You might want to call VW Headquarters at 800 - 822 - 8987 and ask them.


----------



## kimilein (Feb 4, 2011)

I'm pretty sure the Beetle is like the Jetta 6 when it comes to traction control. What I mean by that is that it cannot be disabled.


----------



## OTAMYWY (Feb 16, 2001)

This is going to be a problem when driving in snow. If there is a significant amount of snow and you are trying to get going this is only going to slow the car down. I know that on snow packed roads the TC is a good thing, but getting out of your residential street that never gets plowed will be a challenge. 

I am going to look and see if the wiring is there and see if the switch can be installed. It might just be a part and a quick VAG-com setting to get this done.


----------



## Bef (Nov 20, 2005)

OTAMYWY said:


> This is going to be a problem when driving in snow.
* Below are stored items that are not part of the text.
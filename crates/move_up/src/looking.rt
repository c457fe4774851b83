//! Looking for the best offer of a pool that is not refused there. What is found is asked again before a step, so nothing is
//! said of it here.

ghost use Rattle.std.specs.Prelude.{◌<◌, length};
ghost use Rattle.map_model.specs.Market.{IsMarket};
ghost use Rattle.evict.specs.Standing.{IsOpen};

use crate::asked::{Asked, Offers, Run};
use crate::offers::{is_offer, room_of};
use evict::State;
use map_model::{By, Instance, NodeId, Offer};

/// An offer, and its score.
#[derive(Clone, Copy, Debug)]
pub(crate) struct Scored {
    score: u32,
    pub offer: Offer,
}

impl Scored {
    /// Whether an offer ranks higher than one that may not be there.
    pub fn is_better(self, other: Option<Scored>) -> bool {
        match other {
            Some(other) => (self.score, self.offer.group) < (other.score, other.offer.group),
            None => true,
        }
    }
}

/// What a look at an offer says.
pub(crate) enum Look {
    /// It is loose: it stands before its group's pointer, and nobody refuses it.
    Loose,
    /// That node refuses it, and so each that ranks lower under it.
    Refused(NodeId),
    /// Neither.
    Other,
}

pub(crate) fn look_at(instance: &Instance, state: &State, offer: Offer) -> Look
    requires { IsOpen instance.now state.now }
{
    // most offers stand past their pointers, and to ask that is quick
    if offer.group.0 >= instance.groups() || offer.place >= state.pointer(offer.group) {
        return Look::Other;
    }
    if !is_offer(instance, offer) {
        return Look::Other;
    }
    match state.refuser(instance, offer) {
        None => Look::Loose,
        Some(By::Node(node)) => Look::Refused(node),
        Some(By::Limit) => Look::Other,
    }
}

/// The worst offer that a node holds, where it holds one.
fn worst_of(instance: &Instance, state: &State, node: NodeId) -> Option<Scored>
    requires { IsOpen instance.now state.now }
{
    if node.0 >= instance.nodes() {
        return None;
    }
    let (offer, _units) = state.worst_under(node)?;
    if !is_offer(instance, offer) {
        return None;
    }
    Some(Scored {
        score: instance.key(offer).score,
        offer,
    })
}

/// Whether a node is full and holds better offers alone than this one.
pub(crate) fn is_refused_by(instance: &Instance, state: &State, node: NodeId, found: Scored) -> bool
    requires { IsOpen instance.now state.now }
{
    if room_of(instance, state, node) > 0 {
        return false;
    }
    match worst_of(instance, state, node) {
        Some(worst) => !found.is_better(Some(worst)),
        None => true,
    }
}

/// The first place of a run at which an offer scores at least as much as the worst that its pool holds: those before it
/// are refused, if at all, by a node above the pool that holds better ones alone.
fn first_from(instance: &Instance, state: &State, scores: &[u32], run: Run) -> usize
    requires { IsOpen instance.now state.now }
{
    let worst = match worst_of(instance, state, run.pool) {
        Some(worst) => worst.score,
        None => 0,
    };
    match scores.get(run.from..run.until) {
        Some(scores) => run
            .from
            .saturating_add(scores.partition_point(|score| *score < worst)),
        None => run.until,
    }
}

/// The offer of a place, with its score.
fn offer_at(offers: &Offers, at: usize) -> Option<Scored> {
    let offer = *offers.as_slice().get(at)?;
    let score = *offers.scores().get(at)?;
    Some(Scored { score, offer })
}

/// What was found for a pool: the best offer that stands before its group's pointer and that neither its limit nor the pool
/// refuses, and at how many offers was looked.
pub(crate) struct Found {
    pub best: Option<Scored>,
    pub looks: u64,
}

/// Nothing is found.
const NOTHING: Found = Found {
    best: None,
    looks: 0,
};

fn best_in_run(instance: &Instance, state: &State, offers: &Offers, run: Run) -> Found
    requires { IsOpen instance.now state.now }
{
    let mut looks = 0u64;
    for at in first_from(instance, state, offers.scores(), run)..run.until {
        let Some(found) = offer_at(offers, at) else {
            return NOTHING;
        };
        looks = looks.saturating_add(1);
        match look_at(instance, state, found.offer) {
            Look::Refused(node) if node == run.pool => return Found { best: None, looks },
            Look::Loose | Look::Refused(_) => {
                return Found {
                    best: Some(found),
                    looks,
                };
            }
            Look::Other => (),
        }
    }
    Found { best: None, looks }
}

/// Where the offers to a pool stand.
fn run_to(offers: &Offers, pool: NodeId) -> Option<Run> {
    let runs = offers.runs();
    let run = *runs.get(runs.partition_point(|run| run.pool < pool))?;
    if run.pool == pool { Some(run) } else { None }
}

pub(crate) fn best_at(instance: &Instance, state: &State, asked: &Asked, pool: NodeId) -> Found
    requires { IsOpen instance.now state.now }
{
    if pool.0 >= instance.nodes() {
        return NOTHING;
    }
    let Some(offers) = asked.ranked(state.root(pool)) else {
        return NOTHING;
    };
    match run_to(offers, pool) {
        Some(run) => best_in_run(instance, state, offers, run),
        None => NOTHING,
    }
}
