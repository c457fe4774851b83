//! Sets of nodes.

use map_model::{MOST_NODES, NodeId};

/// How many words hold a bit for each node.
const WORDS: usize = MOST_NODES / 64;

/// A set of nodes, with a bit for each.
#[derive(Clone, Copy, Debug)]
pub struct NodeSet {
    words: [u64; WORDS],
}

impl NodeSet {
    /// No node.
    pub fn new() -> NodeSet {
        NodeSet { words: [0; WORDS] }
    }

    /// Adds a node.
    pub fn insert(&mut self, node: NodeId) {
        if let Some(word) = self.words.get_mut(node.0 as usize / 64) {
            *word |= 1 << (node.0 % 64);
        }
    }

    /// Takes a node out.
    pub fn remove(&mut self, node: NodeId) {
        if let Some(word) = self.words.get_mut(node.0 as usize / 64) {
            *word &= !(1 << (node.0 % 64));
        }
    }

    /// Whether a node is one of them.
    pub fn contains(&self, node: NodeId) -> bool {
        match self.words.get(node.0 as usize / 64) {
            Some(word) => (*word >> (node.0 % 64)) & 1 == 1,
            None => false,
        }
    }

    /// The node of the lowest number.
    pub fn first(&self) -> Option<NodeId> {
        for (at, word) in self.words.iter().enumerate() {
            if *word != 0 {
                return Some(NodeId(at as u32 * 64 + word.trailing_zeros()));
            }
        }
        None
    }
}
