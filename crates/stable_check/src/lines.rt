//! The form of a map's lines.

ghost use Rattle.std.specs.Prelude.{◌≡◌, ◌<◌, length, MatchOption};
ghost use Rattle.map_model.specs.Allocation.{AreLines, is_before, is_line};
ghost use Rattle.stable_check.specs.Faults.{IsFirstBadLine};

use map_model::{Instance, MapLine};

/// Whether a line is before another, by group and then by place.
fn is_before_line(a: MapLine, b: MapLine) -> bool
    ensures { result ≡ is_before a b }
{
    a.group.0 < b.group.0 || (a.group.0 == b.group.0 && a.place < b.place)
}

/// Whether the line of that number is of the instance, has some units, and stands above the one before it.
fn is_line_at(instance: &Instance, lines: &[MapLine], i: usize) -> bool
    requires { i < length lines.now }
    ensures { result ≡ is_line instance.now lines.now i }
{
    let line = lines[i];
    line.group.0 < instance.groups()
        && line.place < instance.list_len(line.group)
        && line.amount > 0
        && (i == 0 || is_before_line(lines[i - 1], line))
}

/// The first line that is not in the form of a map.
pub fn first_bad_line(instance: &Instance, lines: &[MapLine]) -> Option<usize>
    ensures { MatchOption result (AreLines instance.now lines.now)
        (IsFirstBadLine instance.now lines.now) }
{
    for i in 0..lines.len() {
        if !is_line_at(instance, lines, i) {
            return Some(i);
        }
    }
    None
}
If there is a significant amount of snow and you are trying to get going this is only going to slow the car down. I know that on snow packed roads the TC is a good thing, but getting out of your residential street that never gets plowed will be a challenge.
> 
> I am going to look and see if the wiring is there and see if the switch can be installed. It might just be a part and a quick VAG-com setting to get this done.
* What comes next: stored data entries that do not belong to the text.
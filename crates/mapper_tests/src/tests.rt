//! Lines of control text, feeds over a mapper, and commits.
ghost use Rattle.std.specs.Prelude.{◌≡◌, ◌+◌, ◌<◌, ◌≤◌, ◌^◌, IfSome};
ghost use Rattle.demand_feed.specs.Changing.{IsChangeLine};

use arrayvec::ArrayVec;
use demand_feed::{Batch, BatchFault, FeedEnd, Line, LineFault, Refusal};
use map_cell::{EmptyHistory, MemDoor, Naming, NoteRow, OpenFault, PlainDoor, RowNotes};
use map_model::{Instance, MapLines, Steps};
use mapper::{Mapper, Outputs, Saying, Spoken, Told, Totals, write_saying};
use no_memory::NoMemory;
use outside::{MemPace, MemSink, MemSource, Notes, PaceCall};
use stable_check::{CheckRoom, Verdict, check};
use std::alloc::Global;
use std::marker::Brand;
use std::sync::Wait;
use std::test::Fail;
use topology_text::{Topology, read_topology};
use worlds::EXAMPLE_TREE;

mod looking;
mod several;

/// The proposals of these tests, as what is counted.
struct Counted;

/// Whether a line of control text is this one.
fn says(saying: &Saying, text: &[u8]) -> bool {
    let mut line = Spoken::new();
    write_saying(&mut line, &Saying::Published(u64::MAX));
    write_saying(&mut line, saying);
    line.as_slice() == text
}

#[test]
fn lines(rt: HostRuntime) -> Result<(), Fail> {
    let totals = Totals {
        placed: 12,
        unplaced: 0,
        full: 1,
    };
    let unknown = Refusal::Batch(BatchFault::UnknownName);
    let bad = Refusal::Line(LineFault::BadByte);
    assert!(rt; says(&Saying::Published(1), b"published 1\n"));
    assert!(rt; says(&Saying::Refused(1, unknown), b"refused 1 unknown name\n"));
    assert!(rt; says(&Saying::Refused(20, bad), b"refused 20 bad byte\n"));
    assert!(rt; says(&Saying::Spoiled(1), b"refused commit lines 1\n"));
    assert!(rt; says(&Saying::NoMemory, b"refused commit memory\n"));
    assert!(rt; says(&Saying::Answer(3, None), b"answer 3 -\n"));
    assert!(rt;
        says(
            &Saying::Show(1, totals),
            b"show 1 placed 12 unplaced 0 full 1\n"
        )
    );
    let mut octets = ArrayVec::new();
    octets.try_extend_from_slice(&[0x12, 0xaf])?;
    assert!(rt; says(&Saying::Answer(1, Some(octets)), b"answer 1 12af\n"));
    Ok(())
}

/// A feed over a mapper of the example, and what comes of it.
#[derive(Drop)]
struct Row {
    feed: &'static str,
    /// The puts that fail, by their numbers from 0.
    out_fails: &'static [u64],
    maps_fails: &'static [u64],
    end: FeedEnd,
    out: &'static str,
    maps: &'static str,
    /// The calls of the pace, and how many notes went into the row behind that of the first map.
    calls: &'static [PaceCall],
    notes: usize,
}

const SESSION: &str =
    "demand g2 4\ncommit\nask 198.51.100.7 123401000001000000000000037777770363646e076578616d706c650000010001\nshow\ncommit\nstop\n";

const PUBLISHED: &str = "published 1\n";

const ANSWERED: &str =
    "published 1\nanswer 1 123485000001000100000000037777770363646e076578616d706c650000010001c00c00010001000000140004c0000201\n";

const SHOWN: &str =
    "published 1\nanswer 1 123485000001000100000000037777770363646e076578616d706c650000010001c00c00010001000000140004c0000201\nshow 1 placed 12 unplaced 0 full 1\n";

const SAID: &str =
    "published 1\nanswer 1 123485000001000100000000037777770363646e076578616d706c650000010001c00c00010001000000140004c0000201\nshow 1 placed 12 unplaced 0 full 1\npublished 1\n";

const SECOND_MAP: &str = "glb map 2\nplace g1 A 8\nplace g2 A 2\nplace g2 B 2\nfull g2 A A\nend\n";

const REFUSED: &str = "demand nobody 3\ndemand g1 5\ncommit\nstop\n";

const DROPPED: &str = "refused 1 unknown name\nrefused commit lines 1\n";

/// No feed.
const QUIET: Row = Row {
    feed: "",
    out_fails: &[],
    maps_fails: &[],
    end: FeedEnd::Ended,
    out: "",
    maps: "",
    calls: &[PaceCall::Done(0)],
    notes: 0,
};
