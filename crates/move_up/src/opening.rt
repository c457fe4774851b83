//! Nodes that were full and have room.

ghost use Rattle.std.specs.Prelude.{◌≡◌, IsTrue};
ghost use Rattle.map_model.specs.Market.{IsSameShape};

use crate::node_set::NodeSet;
use crate::offers::{above, room_of};
use evict::State;
use map_model::{Instance, LEVELS, NodeId};

/// The nodes that hold as much as their capacity.
pub fn full_nodes(instance: &Instance, state: &State) -> NodeSet
    requires whole { IsTrue state.now.is_whole }
    requires shape { IsSameShape state.now.market instance.now }
{
    let mut full = NodeSet::new();
    for n in 0..instance.nodes() {
        if room_of(instance, state, NodeId(n)) == 0 {
            full.insert(NodeId(n));
        }
    }
    full
}

/// The nodes that were full and have room.
pub fn opened(instance: &Instance, state: &State, full: &NodeSet) -> NodeSet
    requires whole { IsTrue state.now.is_whole }
    requires shape { IsSameShape state.now.market instance.now }
{
    let mut open = *full;
    for n in 0..instance.nodes() {
        if room_of(instance, state, NodeId(n)) == 0 {
            open.remove(NodeId(n));
        }
    }
    open
}

/// The full nodes of a pool's path are open from now on: units are about to go from there.
pub fn open_path(instance: &Instance, state: &State, open: &mut NodeSet, pool: NodeId)
    requires whole { IsTrue state.now.is_whole }
    requires shape { IsSameShape state.now.market instance.now }
{
    let mut at = Some(pool);
    for _step in 0..LEVELS {
        if let Some(node) = at {
            if room_of(instance, state, node) == 0 {
                open.insert(node);
            }
            at = above(instance, node);
        }
    }
}

/// The full nodes of a pool's path are open no longer: units came there.
pub fn close_path(instance: &Instance, state: &State, open: &mut NodeSet, pool: NodeId)
    requires whole { IsTrue state.now.is_whole }
    requires shape { IsSameShape state.now.market instance.now }
{
    let mut at = Some(pool);
    for _step in 0..LEVELS {
        if let Some(node) = at {
            if room_of(instance, state, node) == 0 {
                open.remove(node);
            }
            at = above(instance, node);
        }
    }
}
Please KUP if you find anything out on this!!


----------



## voiceprint1 (Aug 30, 2005)

Interesting range of answers, so on the new Jetta the traction control button has been eliminated? I liked turning it off in my old Jetta, made the engine less boggy. 

The overall feel of the car is ok, just wish I could feel it without all the electronics on.


----------



## JR Martinez (Feb 25, 2003)

Maybe pulling a fuse????


----------



## OTAMYWY (Feb 16, 2001)

JR Martinez said:


> Maybe pulling a fuse????


You can, but you then loose your ABS.


----------



## VdubbG (Aug 19, 2003)

What pretty much turned my friend away from buying the Golf R. We talked to VWOA at SoWo and they said there is no way to disable the traction control. I was thinking maybe APR etc. would come out with a way to turn it off. As of yet nothing is planned. The VWOA guys, who were enthusiasts and apart of building the Golf R, acted like it will be a difficult task to accomplish. I guess time will tell.


----------



## Old Bug Man (Nov 5, 2011)

Notice the fine print below at the end of this video. It's in Spanish, but I think you can make it out. Is that why the GTI has the edge?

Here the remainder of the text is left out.